Luis Sepúlveda, Histoire d’une mouette et du chat qui lui apprit à voler

Luis Sepúlveda, Histoire d’une mouette et du chat qui lui apprit à voler, traduit de l’espagnol (chilien) par Anne-Marie Métaillié, 

Suite hispano-américaine, Métailié, 1996.

 

 

Prix Sorcière 1997 de l'Association des libraires spécialisés jeunesse

Prix 2004 de la Cité des Livres Cherbourg-Octeville 

 

Une mouette tombée sur un balcon…

Un gros chat noir, nommé Zorbas…

Un joli poussin, la petite Afortunada…

Un magasin d’antiquités encombré,  « Harry, Bazar du Port »

Une encyclopédie

Un humain poète 

Une bande d’animaux un peu bizarres : 

Un singe pas très malin, buveur de bières, Matias 

Un chat antiquaire, nommé Jesaitout

Un chat secrétaire, Secrétario

Le chef de tous les chats du port de Hambourg, Colonello

Un chat de mer, Vent-Debout 

Une jolie chatte blanche et noire, Bouboulina

 

Et voici les aventures d’une bande de chats et d’une petite mouette qui doit apprendre à voler….

 

Tous les ingrédients de la littérature de jeunesse sont réunis dans cette fable écologique où l’entraide et la solidarité sont victorieuses de la mort, de la destruction de la nature et de la tristesse.

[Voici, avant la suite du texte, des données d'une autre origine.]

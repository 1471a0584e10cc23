//! Lines of a text that is held.
ghost use Rattle.std.specs.Prelude.{◌≡◌, ◌≤◌, ◌<◌, ◌+◌, ◌^◌, length};
ghost use Rattle.grep_multi.specs.Given.{Cuts, Extends, IsLine, past};

use byte_lanes::{EndKind, find_line_end};
use line_feed::Line;

/// Where a line of a text begins.
#[derive(Clone, Copy, Debug, PartialEq, Eq)]
pub struct LineStart {
    /// How many bytes stand before it.
    pub at: usize,
    /// How many lines stand before it.
    pub lines: u64,
}

impl LineStart {
    /// Where the line behind one that begins here does.
    pub fn past(&self, line: &Line<'_>) -> LineStart
        requires within { self.now.at + (length line.now.bytes.now + length line.now.end.now) < 2 ^ 63 }
        requires few { self.now.lines < 2 ^ 63 }
        ensures { result ≡ past self.now line.now }
    {
        LineStart {
            at: self.at + (line.bytes.len() + line.end.len()),
            lines: self.lines + 1,
        }
    }
}

/// How far lines of a text reach.
#[derive(Clone, Copy, Debug, PartialEq, Eq)]
pub struct Reach {
    /// Where the next line begins, or the text ends.
    pub behind: LineStart,
    /// Whether the last one has a newline.
    pub has_newline: bool,
}

/// The line that begins at a place of a text.
pub fn line_at<'a>(text: &'a [u8], kind: EndKind, from: LineStart) -> Line<'a>
    requires some { from.at < length text.now }
    requires few { from.lines ≤ from.at }
    ensures { IsLine kind text.now from result }
{
    let rest = &text[from.at..];
    let end = find_line_end(rest, 0, kind);
    Line {
        bytes: &rest[..end.at],
        end: &rest[end.at..end.at + end.len],
        number: from.lines + 1,
        offset: from.at as u64,
    }
}

// How far the line that begins at a place reaches.
pub fn cut_line(text: &[u8], kind: EndKind, from: LineStart) -> Reach
    requires some { from.at < length text.now }
    requires few { from.lines ≤ from.at }
    ensures { Cuts kind text.now from result }
{
    let end = find_line_end(&text[from.at..], 0, kind);
    Reach {
        behind: LineStart {
            at: from.at + end.at + end.len,
            lines: from.lines + 1,
        },
        has_newline: end.len > 0,
    }
}

// Lines, with those behind them that begin before a place.
pub fn extend(text: &[u8], kind: EndKind, mut reach: Reach, to: usize) -> Reach
    requires within { to ≤ length text.now }
    requires reach { reach.behind.at ≤ length text.now }
    requires few { reach.behind.lines ≤ reach.behind.at }
    ensures { Extends kind text.now to reach result }
{
    'line: while reach.behind.at < to {
        reach = cut_line(text, kind, reach.behind);
    }
    reach
}
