//! The blocks of lines that matches take.
ghost use Rattle.std.specs.Prelude.{◌≡◌, ◌≤◌, ◌<◌, ◌+◌, ◌∷◌, [], ◌&&◌, not, length, IfOk, IfSome, if◌then◌else◌};
ghost use Rattle.std.specs.Prelude.{None};
ghost use Rattle.std.specs.Str.{is_utf8};
ghost use Rattle.ordered_search.specs.PlaceAnswer.{Outcome};
ghost use Rattle.line_feed.specs.Rows.{Row};
ghost use Rattle.grep_match.specs.Compiled.{patterns_in};
ghost use Rattle.grep_match.specs.Matches.{with_match};
ghost use Rattle.grep_match.specs.Found.{Lists};
ghost use Rattle.pcre2_errors.specs.MatchErrors.{minus};
ghost use Rattle.grep_multi.specs.Blocks.{first_bad, is_past, later_in, matches_with, holds};
ghost use Rattle.grep_multi.specs.Given.{Cuts, EndsAt, Gives, IsBehind, IsSearch, IsTaken, lines_at};

use crate::cut::{LineStart, Reach, cut_line, extend};
use byte_lanes::EndKind;
use grep_args::GrepPlan;
use grep_match::{
    Answer, Patterns, Verdict, Workspace, first_answer, limits, line_end, shows_each,
};
use pat_tree::MatchOptions;
use pcre_io::Memory;
use uni_text::check;

/// The match error of a text that isn't UTF-8.
const NOT_UTF8: i32 = -3;

/// Lines that were tried together: a block, a line with a match error, or a line in which no match begins.
#[derive(Clone, Copy, Debug, PartialEq, Eq)]
pub struct Block {
    /// How far they reach.
    pub reach: Reach,
    /// What the searches answer.
    pub verdict: Verdict,
}

/// A text that is held, and what it is searched for.
#[derive(Clone, Copy)]
pub struct Search<'a> {
    pub plan: &'a GrepPlan,
    pub patterns: &'a Patterns,
    pub text: &'a [u8],
    /// What ends its lines.
    pub kind: EndKind,
    /// Where the first byte is that isn't UTF-8, in a text that must be.
    pub bad: Option<usize>,
}

// Where the first byte is that isn't UTF-8, in a text that must be.
fn first_bad(plan: &GrepPlan, text: &[u8]) -> Option<usize>
    ensures { result ≡ first_bad plan.now text.now }
{
    if !plan.utf {
        return None;
    }
    match check(text) {
        Ok(()) => None,
        Err(bad) => Some(bad.at),
    }
}

// Whether a place is past the newline of the last line.
fn is_past(reach: Reach, place: usize) -> bool
    ensures { (line : Row) → EndsAt line reach → result ≡ is_past place line }
{
    reach.has_newline && reach.behind.at <= place
}

// The error of a line of a text that isn't searched.
fn verdict_at(bad: usize, from: usize, reach: Reach) -> Verdict
    ensures { (line : Row) → line.offset ≡ from → EndsAt line reach
        → result ≡ (if holds bad line then Verdict.Error (minus 3) else Verdict.NoMatch) }
{
    if from <= bad && bad < reach.behind.at {
        Verdict::Error(NOT_UTF8)
    } else {
        Verdict::NoMatch
    }
}

// The later matches of a block, of which the first ends at a place.
fn later(search: &Search<'_>, line: Reach, to: usize, work: &mut Workspace) -> Result<Block, Memory>
    requires search { IsSearch search.now }
    requires begun { to ≤ length search.now.text.now }
    requires within { line.behind.at ≤ length search.now.text.now }
    requires few { line.behind.lines ≤ line.behind.at }
    requires known { IfSome work.old.utf8 (λ b. b ≡ is_utf8 search.now.text.now) }
    ensures known { IfSome work.new.utf8 (λ b. b ≡ is_utf8 search.now.text.now) }
    ensures behind { IfOk result (λ block. IsBehind search.now.text.now line block.reach) }
    ensures taken { IfOk result (λ block. (row : Row) (o : Outcome) → EndsAt row line
        → row.number ≡ line.behind.lines → to ≡ o.to
        → Lists search.now.plan.now.only_matching (length search.now.text.now)
        work.old.found (o ∷ [])
        → let lines = lines_at search.now.kind search.now.text.now line.behind in
        IsTaken search.now.kind search.now.plan.now.only_matching search.now.text.now row lines
        (with_match o (later_in search.now.plan.now (patterns_in search.now.patterns.now)
        search.now.text.now row lines (length search.now.text.now + 1) to to))
        work.new.found block) }
{
    let patterns = search.patterns;
    let wanted = search.plan.only_matching.as_slice();
    let options = MatchOptions {
        notempty: true,
        ..limits(search.plan)
    };
    let mut start = to;
    let mut reach = extend(search.text, search.kind, line, to);
    for _turn in 0..search.text.len() + 1 {
        if is_past(reach, start) {
            return Ok(Block {
                reach,
                verdict: Verdict::Match,
            });
        }
        match first_answer(patterns, search.text, start, &options, wanted, work)? {
            Answer::Found(place) => {
                start = place.to;
                reach = extend(search.text, search.kind, reach, start);
            }
            Answer::Nothing => {
                return Ok(Block {
                    reach,
                    verdict: Verdict::Match,
                });
            }
            Answer::Error(n) => {
                return Ok(Block {
                    reach: line,
                    verdict: Verdict::Error(n),
                });
            }
        }
    }
    Ok(Block {
        reach,
        verdict: Verdict::Match,
    })
}

// The block of a line in which a match begins that ends at a place.
fn block_with(
    search: &Search<'_>,
    line: Reach,
    to: usize,
    work: &mut Workspace,
) -> Result<Block, Memory>
    requires search { IsSearch search.now }
    requires begun { to ≤ length search.now.text.now }
    requires within { line.behind.at ≤ length search.now.text.now }
    requires few { line.behind.lines ≤ line.behind.at }
    requires known { IfSome work.old.utf8 (λ b. b ≡ is_utf8 search.now.text.now) }
    ensures known { IfSome work.new.utf8 (λ b. b ≡ is_utf8 search.now.text.now) }
    ensures behind { IfOk result (λ block. IsBehind search.now.text.now line block.reach) }
    ensures taken { IfOk result (λ block. (row : Row) (o : Outcome) → EndsAt row line
        → row.number ≡ line.behind.lines → to ≡ o.to
        → Lists search.now.plan.now.only_matching (length search.now.text.now)
        work.old.found (o ∷ [])
        → let lines = lines_at search.now.kind search.now.text.now line.behind in
        IsTaken search.now.kind search.now.plan.now.only_matching search.now.text.now row lines
        (matches_with search.now.plan.now (patterns_in search.now.patterns.now)
        search.now.text.now row lines o) work.new.found block) }
{
    if shows_each(search.plan) {
        return later(search, line, to, work);
    }
    let reach = extend(search.text, search.kind, line, to);
    Ok(Block {
        reach,
        verdict: Verdict::Match,
    })
}

// What stands at a line of a text that is searched, of which the list is empty yet.
fn block_at(
    search: &Search<'_>,
    from: LineStart,
    line: Reach,
    work: &mut Workspace,
) -> Result<Block, Memory>
    requires search { IsSearch search.now }
    requires good { search.now.bad ≡ None }
    requires cut { Cuts search.now.kind search.now.text.now from line }
    requires begun { from.at ≤ length search.now.text.now }
    requires few { from.lines ≤ from.at }
    requires empty { work.old.found ≡ record { places = []; groups = [] } }
    requires known { IfSome work.old.utf8 (λ b. b ≡ is_utf8 search.now.text.now) }
    ensures known { IfSome work.new.utf8 (λ b. b ≡ is_utf8 search.now.text.now) }
    ensures gives { IfOk result (Gives search.now.kind search.now.plan.now
        (patterns_in search.now.patterns.now) search.now.text.now from work.new.found) }
{
    let patterns = search.patterns;
    let wanted = search.plan.only_matching.as_slice();
    let options = limits(search.plan);
    match first_answer(patterns, search.text, from.at, &options, wanted, work)? {
        Answer::Found(place) => block_with(search, line, place.to, work),
        Answer::Nothing => Ok(Block {
            reach: line,
            verdict: Verdict::NoMatch,
        }),
        Answer::Error(n) => Ok(Block {
            reach: line,
            verdict: Verdict::Error(n),
        }),
    }
}

impl<'a> Search<'a> {
    /// A search of a text for patterns, by the plan under which they were compiled. Takes no memory.
    pub fn new(plan: &'a GrepPlan, patterns: &'a Patterns, text: &'a [u8]) -> Search<'a>
        requires { length text.now < 4294967295 }
        ensures ready { IsSearch result }
        ensures plan { result.plan.now ≡ plan.now }
        ensures patterns { result.patterns.now ≡ patterns.now }
        ensures text { result.text.now ≡ text.now }
    {
        Search {
            plan,
            patterns,
            text,
            kind: line_end(plan),
            bad: first_bad(plan, text),
        }
    }

    /// What stands at the begin of a line: the block of the first pattern that matches there, the line where none does,
    /// or the line with the match error that ended the searches. A block has the lines up to the one that holds the
    /// last byte before the match's end; where the plan shows each match, it grows by the later ones, which the
    /// workspace lists (pcre2grep, "OPTIONS", -M).
    pub fn next(&self, from: LineStart, work: &mut Workspace) -> Result<Block, Memory>
        requires search { IsSearch self.now }
        requires some { from.at < length self.now.text.now }
        requires few { from.lines ≤ from.at }
        requires known { IfSome work.old.utf8 (λ b. b ≡ is_utf8 self.now.text.now) }
        ensures known { IfSome work.new.utf8 (λ b. b ≡ is_utf8 self.now.text.now) }
        ensures gives { IfOk result (Gives self.now.kind self.now.plan.now
            (patterns_in self.now.patterns.now) self.now.text.now from work.new.found) }
    {
        let line = cut_line(self.text, self.kind, from);
        work.found.clear();
        match self.bad {
            Some(bad) => Ok(Block {
                reach: line,
                verdict: verdict_at(bad, from.at, line),
            }),
            None => block_at(self, from, line, work),
        }
    }
}
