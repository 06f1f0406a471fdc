//! Sycon's permutation as a definition, and the traits of what computes it.

#![tactic(auto)]

pub mod engine;
pub mod examples;
pub mod laws;
pub mod published;
pub mod rounds;
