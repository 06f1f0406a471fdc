//! Laws of the permutation, and of any engines that compute it.

ghost use Rattle.std.specs.Prelude.{◌≡◌, ℕ};
ghost use Rattle.sycon.specs.Laws.{OneToOne, Onto};
ghost use Rattle.sycon.specs.Permutation.{permuted};

use crate::engine::{Engine, TwoWay};

/// Turns ahead and back again: the state is what it was, since no two states are permuted to the same.
pub fn there_and_back<E: TwoWay>(engine: &mut E, ahead: usize)
    ensures state { E.Engine.state engine.new ≡ E.Engine.state engine.old }
    ensures one_to_one { (r : ℕ) → OneToOne (permuted r) }
{
    permutation_is_one_to_one();
    engine.turn(ahead);
    engine.turn_back(ahead);
}

/// Turns back and ahead again: the state is what it was; each state is what some state is permuted to.
pub fn back_and_there<E: TwoWay>(engine: &mut E, back: usize)
    ensures state { E.Engine.state engine.new ≡ E.Engine.state engine.old }
    ensures onto { (r : ℕ) → Onto (permuted r) }
{
    permutation_is_onto();
    engine.turn_back(back);
    engine.turn(back);
}

/// Turns two engines: from one state they come to one state, whatever they keep it in.
pub fn turn_both<A: Engine, B: Engine>(first: &mut A, second: &mut B, r: usize)
    ensures first { A.Engine.state first.new ≡ permuted r (A.Engine.state first.old) }
    ensures second { B.Engine.state second.new ≡ permuted r (B.Engine.state second.old) }
    ensures agree { A.Engine.state first.old ≡ B.Engine.state second.old
        → A.Engine.state first.new ≡ B.Engine.state second.new }
{
    first.turn(r);
    second.turn(r);
}

/// Turns two engines back: from one state they come to one state.
pub fn turn_both_back<A: TwoWay, B: TwoWay>(first: &mut A, second: &mut B, r: usize)
    ensures first { permuted r (A.Engine.state first.new) ≡ A.Engine.state first.old }
    ensures second { permuted r (B.Engine.state second.new) ≡ B.Engine.state second.old }
    ensures agree { A.Engine.state first.old ≡ B.Engine.state second.old
        → A.Engine.state first.new ≡ B.Engine.state second.new }
{
    permutation_is_one_to_one();
    first.turn_back(r);
    second.turn_back(r);
}

fn permutation_is_one_to_one()
    ensures { (r : ℕ) → OneToOne (permuted r) }
{}

fn permutation_is_onto()
    ensures { (r : ℕ) → Onto (permuted r) }
{}
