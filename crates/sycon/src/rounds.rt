//! From single rounds to the permutation: what an engine can be built on. An engine's `turn` calls `ahead`, and its `turn_back`
//! calls `back`; it is not done for all of them at once, since an engine may turn in another way.

ghost use Rattle.std.specs.List.{range_with_len};
ghost use Rattle.std.specs.Prelude.{◌≡◌, ℕ, ◌≤◌, map, min, List};
ghost use Rattle.sycon.specs.Permutation.{permuted, round_constant};
ghost use Rattle.sycon.specs.Steps.{four_steps};

/// What can take one round, given the round's constant.
pub trait Rounds {
    /// The state that is held, as 40 bytes.
    ghost held: { Self → List ℕ };

    /// The four steps of a round.
    fn round(&mut self, constant: u64)
        ensures { held self.new ≡ four_steps constant (held self.old) };
}

/// What can also take one round back.
pub trait RoundsBack: Rounds {
    /// The state becomes one that the four steps take to the present one.
    fn round_back(&mut self, constant: u64)
        ensures { four_steps constant (Self.Rounds.held self.new) ≡ Self.Rounds.held self.old };
}

/// The first `r` rounds; there are 14, and an `r` above counts as 14.
pub fn ahead<T: Rounds>(engine: &mut T, r: usize)
    ensures { T.Rounds.held engine.new ≡ permuted r (T.Rounds.held engine.old) }
{
    run(engine, r.min(14));
}

/// The first `r` rounds taken back, the last one first; an `r` above 14 counts as 14.
pub fn back<T: RoundsBack>(engine: &mut T, r: usize)
    ensures { permuted r (T.Rounds.held engine.new) ≡ T.Rounds.held engine.old }
{
    run_back(engine, r.min(14));
}

// The rounds 0 to n - 1.
fn run<T: Rounds>(engine: &mut T, n: usize)
    requires { n ≤ 14 }
    ensures { (r : ℕ) → n ≡ min r 14 → T.Rounds.held engine.new ≡ permuted r (T.Rounds.held engine.old) }
{
    for constant in &constants()[..n] {
        engine.round(*constant);
    }
}

// The rounds n - 1 to 0, taken back.
fn run_back<T: RoundsBack>(engine: &mut T, n: usize)
    requires { n ≤ 14 }
    ensures { (r : ℕ) → n ≡ min r 14 → permuted r (T.Rounds.held engine.new) ≡ T.Rounds.held engine.old }
{
    for constant in constants()[..n].iter().rev() {
        engine.round_back(*constant);
    }
}

// The constants of rounds 0 to 13, as a function so that they are computed once.
fn constants() -> &'static [u64; 14]
    ensures { result.now ≡ map round_constant (range_with_len 0 14) }
{
    &CONSTANTS
}

const CONSTANTS: [u64; 14] = [
    0xAAAA_AAAA_AAAA_AA15,
    0xAAAA_AAAA_AAAA_AA1A,
    0xAAAA_AAAA_AAAA_AA1D,
    0xAAAA_AAAA_AAAA_AA0E,
    0xAAAA_AAAA_AAAA_AA17,
    0xAAAA_AAAA_AAAA_AA1B,
    0xAAAA_AAAA_AAAA_AA0D,
    0xAAAA_AAAA_AAAA_AA06,
    0xAAAA_AAAA_AAAA_AA03,
    0xAAAA_AAAA_AAAA_AA11,
    0xAAAA_AAAA_AAAA_AA18,
    0xAAAA_AAAA_AAAA_AA1C,
    0xAAAA_AAAA_AAAA_AA1E,
    0xAAAA_AAAA_AAAA_AA1F,
];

L’art d’apprendre à grandir y est mis en scène grâce aux aventures d’un chat, Zorbas, et d’une petite mouette qui devra quitter son balcon pour s’élancer dans le vaste monde. 

 

Dans une langue classique, simple et savoureuse, à travers un humour permanent, Luis Sepúlveda livre une fable contemporaine, éco-critique d’une société engluée par la pollution et nous fait réfléchir à notre simple condition humaine et notre acceptation de la différence : quel monde voulons-nous contre la barbarie ? 

 

Gravité et diatribe contre les méfaits des humains avoisinent avec les traits d’humour les plus cocasses dans ce conte. Les noms des personnages, qui distillent aussi leurs qualités, sont empreints de tendresse et de poésie, les lieux, comme le port de Hambourg où a vécu Sepúlveda, sont emblématiques de la marginalité où tous ces chats, rebuts de la société, sont pourtant utiles et essentiels grâce à leur entraide et leur dignité, et surtout, l’aide d’un humain- poète est la clé de la survie. 

 

Cette micro-société animalière nous enjoint à placer le savoir et la poésie au cœur de l’action : « le savoir a besoin de temps » dit le chat Jesaitout, elle est un reflet de ce que les hommes pourraient faire ensemble, s’ils le voulaient. Les luttes collectives, chères à Sepúlveda, engagé politiquement contre les dictatures, emprisonné dans les geôles de Pinochet, condamné ensuite à l’exil et pour qui raconter c’est résister, peuvent gagner sur l’égoïsme et le défaitisme. 

 

La promesse contre-nature que fait Zorbas à la mouette Kengah : couver son œuf, puis apprendre à voler à son petit une fois qu’elle sera morte, sera pourtant tenue, envers et contre tout !  Foi d’animal ! 

 

 

Anne Schneider

 

Bibliographie :

 

Catherine Sevestre, Le Roman des contes, Étampes, Cédis Éditions, 2001, p. 329-332.